#  >  > Travellers Tales in Thailand and Asia >  >  > Philippine Forum >  >  Bomb in Market Davao, 10+ killed

## forreachingme

The south is heating up, that the city of the El Presidente, there are serious troop moves in Sulu and Abu Sayaf area...

At least 10 killed as blast rocks night market in Davao City - CNN Philippines

----------


## Davis Knowlton

Yep, heating up. First reports from witnesses said it might have been an LPG tank explosion. Subsequent reports point conclusively to an IED of some type.

Could be Aby Sayaf, who are under heavy pressure, or could be anti-drug campaign. My money right now is on ASG.


Body count is now over 20 dead and rising.

----------


## HermantheGerman

Guess you're right. ASG has claimed responsibility. The Catholic Philippines should give up their land and give independency to the "Sword Fighters". 
This is the only way Peace can come to the region ! Sound familiar ?  :Roll Eyes (Sarcastic): 




> The group is a radical offshoot of a Muslim separatist insurgency that has claimed more than 120,000 lives in the south of the mainly Catholic Philippines since the 1970s.
> It was established in the 1990s with funds from a relative of former Al-Qaeda leader Osama bin Laden.
> Several Abu Sayyaf units have pledged allegiance to the Islamic State group that holds vast swathes of Iraq and Syria but analysts say they are more interested in funding than ideology.

----------


## Davis Knowlton

^ASG claimed responsibility, then later denied it.

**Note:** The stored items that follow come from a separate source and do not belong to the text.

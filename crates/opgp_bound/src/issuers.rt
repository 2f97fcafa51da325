//! The keys that made the revocations of a keyring.

ghost use Rattle.std.specs.Prelude.{◌≡◌, ◌++◌, IfOk, OnOk};
ghost use Rattle.opgp_octets.specs.SignatureType.{signature_type_of};
ghost use Rattle.opgp_packet.specs.SigView.{sig_view_value};
ghost use Rattle.opgp_keyring.specs.Grouped.{component_of};
ghost use Rattle.opgp_report.specs.KeyIndex.{prints_shown};
ghost use Rattle.opgp_valid.specs.KnownKeys.{known_in, knowns};
ghost use Rattle.opgp_valid.specs.Told.{first_verdict, rest_of};
ghost use Rattle.opgp_bound.specs.Gathering.{GathersIssuers};
ghost use Rattle.opgp_bound.specs.Issuers.{is_issuer, is_revocation, issuer_by, revocation_issuers};
ghost use Rattle.opgp_bound.specs.Issuers.{revokes_typed};
ghost use Rattle.opgp_bound.specs.Role.{kind_in};

use crate::role::kind_in;
use opgp_hash::{CertificateHasher, Fingerprint};
use opgp_keyring::{Component, Head, Keyring};
use opgp_octets::{OutOfMemory, SignatureType};
use opgp_packet::SigView;
use opgp_report::{IssuerName, KeyIndex, Met, Verdict, Visitor, print_of, visit};
use opgp_valid::KnownKeys;
use std::alloc::Global;

/// Adds the fingerprints of the keys that made good revocations.
#[derive(Drop)]
pub(crate) struct Issuers<'v> {
    pub(crate) known: &'v KnownKeys,
    pub(crate) verdicts: &'v [Verdict],
    pub(crate) prints: Vec<Fingerprint>,
}

/// Whether signatures of this type revoke a key, a subkey or a certification (RFC 9580, 5.2.1.11 to
/// 5.2.1.13).
fn is_revocation(kind: SignatureType) -> bool
    ensures { result ≡ is_revocation kind }
{
    matches!(
        kind,
        SignatureType::KeyRevocation
            | SignatureType::SubkeyRevocation
            | SignatureType::CertificationRevocation
    )
}

/// Whether a signature is a revocation.
fn revokes(signature: SigView<'_>) -> bool
    ensures { result ≡ revokes_typed (kind_in (sig_view_value signature.entry)) }
{
    match kind_in(signature) {
        Some(kind) => is_revocation(SignatureType::from(kind)),
        None => false,
    }
}

/// The first of these verdicts, and the others; where there is none it is undecided.
fn next_verdict(verdicts: &[Verdict]) -> (Verdict, &[Verdict])
    ensures first { result.0 ≡ first_verdict verdicts.now }
    ensures rest { result.1.now ≡ rest_of verdicts.now }
{
    match verdicts {
        [verdict, more @ ..] => (*verdict, more),
        [] => (Verdict::Undecided, verdicts),
    }
}

impl Issuers<'_> {
    /// Adds the key that made a signature, if this is a revocation and good. Fails only when out of
    /// memory.
    fn add(&mut self, found: Verdict, signature: SigView<'_>) -> Result<(), OutOfMemory>
        ensures prints { OnOk result (self.new.prints.items ≡ self.old.prints.items
            ++ issuer_by (knowns self.old.known.now) found (sig_view_value signature.entry)) }
        ensures known { self.new.known ≡ self.old.known }
        ensures verdicts { self.new.verdicts ≡ self.old.verdicts }
    {
        if matches!(found, Verdict::Good) && revokes(signature) {
            if let Some(known) = self.known.issuer(signature) {
                self.prints.push(known.print)?;
            }
        }
        Ok(())
    }
}

impl<'a> Visitor<'a> for Issuers<'_> {
    type Stop = OutOfMemory;

    ghost becomes = { GathersIssuers };

    fn meet(
        &mut self,
        _hasher: &mut CertificateHasher<'a>,
        met: &Met<'a>,
    ) -> Result<(), OutOfMemory> {
        let (verdict, rest) = next_verdict(self.verdicts);
        self.verdicts = rest;
        match met.signature {
            Some(signature) => self.add(verdict, signature),
            None => Ok(()),
        }
    }
}

/// The index of the keys that made the good revocations of a keyring, by these verdicts on the rows
/// of its report. Fails only when out of memory.
pub(crate) fn revocation_issuers(
    alloc: Global,
    known: &KnownKeys,
    keyring: &Keyring,
    verdicts: &[Verdict],
) -> Result<KeyIndex, OutOfMemory>
    requires { knowns known.now ≡ known_in keyring.now }
    ensures { IfOk result (λ k.
        prints_shown k ≡ revocation_issuers keyring.now verdicts.now) }
{
    let mut issuers = Issuers {
        known,
        verdicts,
        prints: Vec::new(alloc),
    };
    visit(&mut issuers, keyring)?;
    let index = index_of(alloc, &issuers.prints)?;
    Ok(index)
}

/// The index of these fingerprints. Fails only when out of memory.
fn index_of(alloc: Global, prints: &[Fingerprint]) -> Result<KeyIndex, OutOfMemory>
    ensures { IfOk result (λ k. prints_shown k ≡ prints.now) }
{
    let mut index = KeyIndex::new(alloc);
    let mut rest = prints;
    'prints: while let [print, more @ ..] = rest {
        index = index.with(*print)?;
        rest = more;
    }
    Ok(index)
}

/// Whether a component is a subkey that is among these keys.
pub(crate) fn is_issuer(issuers: &KeyIndex, component: Component<'_>) -> bool
    ensures { result ≡ is_issuer (prints_shown issuers.now) (component_of component.entry) }
{
    match component.head().head() {
        Head::Subkey(key) => issuers.find(IssuerName::Print(print_of(&key))).is_some(),
        Head::UserId(_) | Head::Attribute(_) => false,
    }
}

And that article ^ , I'm guessing from Wiki, is widely believed but is in fact almost totally inaccurate.

----------


## misskit

AUTHORITIES have arrested four suspects in the September 2 bombing of a night market in Davao City that killed 15 people and wounded 69 others – one of the worst terror attacks in recent years in President Rodrigo Duterte’s home city.

Defense Secretary Delfin Lorenzana, Armed Forces Chief of Staff Gen. Ricardo Visaya and Army commander Lt. Gen. Eduardo Año presented TJ Tagadaya Macabalang, Wendel Apostol Facturan and Musali Mustapha, all members of the Maute group, to journalists in Camp Aguinaldo.

They were described as “students” of slain Malaysian terrorist Zulkifli Bin Hir alias Marwan who was killed by police in Mamasapano, Maguindanao in January 2015, in an anti-terrorist operation that resulted in the deaths of 44 police commandos.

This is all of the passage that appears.